Sitting recently in his neighborhood coffee shop, the Brite Spot in Echo Park, Reynolds - wearing khakis and a lightly wrinkled dress shirt - fills in a crossword puzzle during lulls in the interview as he talks about the album's inception.
"
I never had the intention of putting the album out because I wasn't a singer," Reynolds said. "I was kind of doing it while I was looking for somebody else to come along and sing. It just sort of snuck up on me.
The album, released last week, took more than a year to write and produce. "I was just a guitar player in bands; I was a team player. I never sang until four years ago. Before that, I just watched other people; I could live vicariously through them. All of a sudden, I just opened my mouth and found out I had a whole lot on my mind," he says with a laugh.
His music has been used on TV shows such as Showtime's "Masters of Horror," as well as "Tru Calling" and "Roswell."
The catchy, slightly upbeat tempo of "Dear Rose" belies its bleaker storyline. Reynolds wrote the song after seeing a TV piece about a girl in Boyle Heights killed in a drive-by shooting. "It was just a compelling image of a father standing over his daughter's grave and he had a big huge beer in his hand, too, and he couldn't get his life back together," he said.

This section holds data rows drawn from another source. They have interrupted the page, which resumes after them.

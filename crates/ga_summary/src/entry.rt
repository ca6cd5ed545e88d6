ghost use Rattle.std.specs.Prelude.{◌≡◌, ◌+◌, ◌≤◌, OnOk, IfOk, length, vec_capacity};
ghost use Rattle.std.specs.List.Sorted.{IsStrictlySortedBy};
ghost use Rattle.ga_base.specs.Orders.{name_cmp};
ghost use Rattle.ga_summary.specs.SummaryRows.{amounts_of, sums_plus};
ghost use Rattle.ga_summary.specs.Steps.Entries.{IsClosed, entry_names, names_beside, row_of};
ghost use Rattle.ga_summary.specs.Steps.Joined.{joined, put_names};
ghost use Rattle.ga_summary.specs.Steps.Room.{CanGrow, CanTake, HasNameRoom, SumsFit};

use crate::names::unite;
use crate::one_pass::merge_names;
use ga_base::{Amounts, Key, Name, Names, NoMemory, Sums};
use std::alloc::{AllocError, Global};
use std::mem::replace;

/// What is counted under a key: its sums, and the names of its visitors, which rise.
#[derive(Debug, Drop)]
pub(crate) struct Entry {
    pub(crate) key: Key,
    pub(crate) sums: Sums,
    pub(crate) names: Names,
    /// Room that was reserved for more names. It holds none, but while the entry is open it holds all names, and `names` none.
    pub(crate) work: Vec<Name>,
}

/// This many names are put in their places one by one; more come in by one pass over all.
const FEW_NAMES: usize = 8;

impl Entry {
    /// A closed entry.
    pub(crate) fn of(alloc: Global, key: Key, sums: Sums, names: Names) -> Entry
        ensures row { row_of result ≡ record { key = key; sums = sums; names = names } }
        ensures closed { IsClosed result }
    {
        Entry {
            key,
            sums,
            names,
            work: Vec::new(alloc),
        }
    }

    /// The names of the key's visitors.
    pub(crate) fn names(&self) -> &[Name]
        ensures { result.now ≡ entry_names self.now }
    {
        if self.work.is_empty() {
            self.names.items()
        } else {
            &self.work
        }
    }

    /// What is told of the key.
    pub(crate) fn amounts(&self) -> Amounts
        ensures { result ≡ amounts_of (row_of self.now) }
    {
        Amounts {
            hits: self.sums.hits,
            bytes: self.sums.bytes,
            micros: self.sums.micros,
            max_micros: self.sums.max_micros,
            visitors: self.names().len() as u64,
        }
    }

    /// A closed entry with the row of this one, which is closed.
    pub(crate) fn copy(&self) -> Result<Entry, AllocError>
        requires { IsClosed self.now }
        ensures row { IfOk result (λ e. row_of e ≡ row_of self.now) }
        ensures closed { IfOk result (λ e. IsClosed e) }
    {
        let names = self.names.clone()?;
        Ok(Entry::of(*self.work.allocator(), self.key.clone()?, self.sums, names))
    }

    /// Moves the names to where room for more can be reserved.
    fn open_names(&mut self)
        ensures row { row_of self.new ≡ row_of self.old }
        ensures names { entry_names self.new ≡ self.new.work.items }
    {
        if self.work.is_empty() {
            let names = replace(&mut self.names, Names::new(*self.work.allocator()));
            self.work = names.into_vec();
        }
    }

    /// Moves the names back.
    pub(crate) fn close(&mut self)
        ensures row { row_of self.new ≡ row_of self.old }
        ensures closed { IsClosed self.new }
    {
        if !self.work.is_empty() {
            let alloc = *self.work.allocator();
            self.names = Names::from(replace(&mut self.work, Vec::new(alloc)));
        }
    }

    /// Reserves room for the names of another entry: where they are, or for many names in a list of its own, for one pass
    /// over all.
    pub(crate) fn reserve(&mut self, more: &Entry) -> Result<(), NoMemory>
        ensures row { row_of self.new ≡ row_of self.old }
        ensures ok { OnOk result (HasNameRoom self.new more.now) }
        ensures capacity { OnOk result (vec_capacity self.old.work ≤ vec_capacity self.new.work) }
    {
        let count = more.names.items().len();
        let all = self.names().len() + count;
        if all <= self.work.capacity() {
            return Ok(());
        }
        if count > FEW_NAMES && self.work.is_empty() {
            self.work = Vec::with_capacity(*self.work.allocator(), all)?;
            return Ok(());
        }
        self.open_names();
        self.work.reserve(count)?;
        Ok(())
    }

    /// Takes what another entry of the key has, and closes.
    pub(crate) fn take(&mut self, more: Entry)
        requires { CanTake self.old more }
        ensures row { row_of self.new ≡ joined (row_of self.old) (row_of more) }
        ensures closed { IsClosed self.new }
    {
        self.sums = add_sums(self.sums, more.sums);
        let alloc = *self.work.allocator();
        let names = replace(&mut self.names, Names::new(alloc));
        let work = replace(&mut self.work, Vec::new(alloc));
        self.names = Names::from(joined_names(names, more.names, work));
    }

    /// A closed entry with what this one and another of its key have, whose list of names is made for both.
    pub(crate) fn join(self, more: Entry) -> Result<Entry, NoMemory>
        requires grows { CanGrow self }
        requires grows_more { CanGrow more }
        ensures row { IfOk result (λ e. row_of e ≡ joined (row_of self) (row_of more)) }
        ensures closed { IfOk result (λ e. IsClosed e) }
    {
        let alloc = *self.work.allocator();
        let names = self.names.into_vec();
        let others = more.names.into_vec();
        let room = Vec::with_capacity(alloc, names.len() + others.len())?;
        let names = Names::from(merge_names(names, others, room));
        Ok(Entry::of(alloc, self.key, add_sums(self.sums, more.sums), names))
    }
}

/// Names with others: the first are in `work`, or `work` holds none and has room for all.
fn joined_names(names: Names, more: Names, mut work: Vec<Name>) -> Vec<Name>
    requires rising { IsStrictlySortedBy name_cmp (names_beside names work.items) }
    requires rising_more { IsStrictlySortedBy name_cmp more }
    requires room { length (names_beside names work.items) + length more ≤ vec_capacity work }
    ensures { result.items ≡ put_names more (names_beside names work.items) }
{
    let more = more.into_vec();
    if work.is_empty() {
        return merge_names(names.into_vec(), more, work);
    }
    unite(&mut work, more);
    work
}

fn add_sums(a: Sums, b: Sums) -> Sums
    requires { SumsFit a b }
    ensures { result ≡ sums_plus a b }
{
    Sums {
        hits: a.hits + b.hits,
        bytes: a.bytes + b.bytes,
        micros: a.micros + b.micros,
        max_micros: a.max_micros.max(b.max_micros),
    }
}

In some tracks, Reynolds' voice has flecks reminiscent of U2's Bono. The cut "That Old Love" is a breakup anthem, reminiscent of Goo Goo Dolls ballads.
Reynolds, 36, may seem a late bloomer to the pop scene, but it's good timing, what with the burgeoning popularity of acoustic music channels on Sirius and XM satellite radio.
Reynolds was born and raised in Vancouver, B,C, His dad died when he was 14, the same year he took up guitar. His mother, a schoolteacher, raised him, his brother and sister. Reynolds said he was grounded a lot, spent a lot of time in his room and was a typical punk-rock teenager. His mom paid for his first month of guitar lessons so he could spend more time productively rather than be an "anti-social" teenager. After two more months of lessons he quit, but was hooked on music.
"As soon as I found music, my world got opened up," he said. "Music was pivotal. David Bowie...I considered saved (me) in my teen years. He was the soundtrack of my life then."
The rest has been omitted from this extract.